BEGIN Input

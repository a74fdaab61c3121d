ghost use Rattle.std.specs.Prelude.{◌≡◌, [], OnOk, OnErr, IfOk, IfErr};
ghost use Rattle.std.specs.Io.{WritesAtMost};
ghost use Rattle.std.specs.Io.KnownBytes.{Appends, WriteAppends};
ghost use Rattle.zone_print.specs.Device.{Device, WorksOn, of_std};
ghost use Rattle.zone_print.specs.Writing.{AppendsPart, IsFailedWrite};

use std::io::Write;
use zone_rdata::Stop;

/// What octets are written to. Every writer of std is one.
///
/// All that writes is proved for every `state`. So it answers `Write` only where a call of the
/// writer did, and where one did it answers `Write`, and calls it no more.
pub trait OctetWriter {
    /// The octets that it holds, where they are known; that no call of it has failed; and that its
    /// last call failed, and none before.
    ghost state: { Self → Device };

    /// Takes a prefix of the octets and answers its length, which is 0 for no octets alone.
    ///
    /// # Errors
    ///
    /// `Write` where it failed. Nothing was taken.
    fn write_some(&mut self, octets: &[u8]) -> Result<usize, Stop>
        ensures bound { WritesAtMost result octets.now }
        ensures bytes { WriteAppends (state self.old).octets (state self.new).octets
            result octets.now }
        ensures some { IfOk result (λ n. n ≡ 0 → octets.now ≡ []) }
        ensures works { OnOk result (WorksOn (state self.old) (state self.new)) }
        ensures failed { IfErr result (IsFailedWrite (state self.old) (state self.new)) };
}

/// Std's trait can't say that a writer failed: nothing is known of it.
impl<W: Write> OctetWriter for W {
    ghost state = { λ writer. of_std (W.contents writer) };

    fn write_some(&mut self, octets: &[u8]) -> Result<usize, Stop> {
        if octets.is_empty() {
            return Ok(0);
        }
        match self.write(octets) {
            Ok(0) | Err(_) => Err(Stop::Write),
            Ok(n) => Ok(n),
        }
    }
}

/// Writes all these octets. Every error of the writer ends it, `Interrupted` too. It doesn't flush
/// the writer.
///
/// # Errors
///
/// `Write` where the writer failed. A proper prefix of the octets was written.
#[tactic(auto, using(crate::proofs::Front::left_after))]
pub fn write_octets<W: OctetWriter>(writer: &mut W, octets: &[u8]) -> Result<(), Stop>
    ensures written { OnOk result
        (Appends (W.state writer.old).octets (W.state writer.new).octets octets.now) }
    ensures part { OnErr result
        (AppendsPart (W.state writer.old).octets (W.state writer.new).octets octets.now) }
    ensures works { OnOk result (WorksOn (W.state writer.old) (W.state writer.new)) }
    ensures failed { IfErr result (IsFailedWrite (W.state writer.old) (W.state writer.new)) }
{
    let mut rest = octets;
    while !rest.is_empty() {
        let count = writer.write_some(rest)?;
        let (_, after) = rest.split_at(count);
        rest = after;
    }
    Ok(())
}
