//! Octets that proofs alone know of. They take no memory, and the calls do nothing.
ghost use Rattle.std.specs.Prelude.{◌≡◌, ℕ, List, [], ◌++◌};
ghost use Rattle.std.specs.Borrow.{ftrue};

use std::marker::Model;

/// Octets of which a clause reads `octets`.
#[derive(Drop)]
pub(crate) struct GhostOctets {
    ghost octets: { List ℕ },
}

impl Model for GhostOctets {
    ghost also_owns = { λ _. ftrue };
}

/// Octets that follow.
#[derive(Clone, Copy, Drop)]
pub(crate) struct Piece<'o> {
    pub(crate) octets: &'o [u8],
}

impl GhostOctets {
    /// None.
    pub(crate) fn new() -> GhostOctets
        ensures { result.octets ≡ [] }
    {
        GhostOctets {}
    }

    /// These, and then those of the piece.
    pub(crate) fn followed_by(&self, _piece: &Piece<'_>) -> GhostOctets
        ensures { result.octets ≡ self.now.octets ++ _piece.now.octets.now }
    {
        GhostOctets {}
    }
}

END Input

▸ **Task description**:
Return, line for line and unchanged, the data from its first line through the line containing "it no more.".

▸ **Reply to the task**:
repository a74fdaab61c3121d
ghost use Rattle.std.specs.Prelude.{◌≡◌, [], OnOk, OnErr, IfOk, IfErr};
ghost use Rattle.std.specs.Io.{WritesAtMost};
ghost use Rattle.std.specs.Io.KnownBytes.{Appends, WriteAppends};
ghost use Rattle.zone_print.specs.Device.{Device, WorksOn, of_std};
ghost use Rattle.zone_print.specs.Writing.{AppendsPart, IsFailedWrite};

use std::io::Write;
use zone_rdata::Stop;

/// What octets are written to. Every writer of std is one.
///
/// All that writes is proved for every `state`. So it answers `Write` only where a call of the
/// writer did, and where one did it answers `Write`, and calls it no more.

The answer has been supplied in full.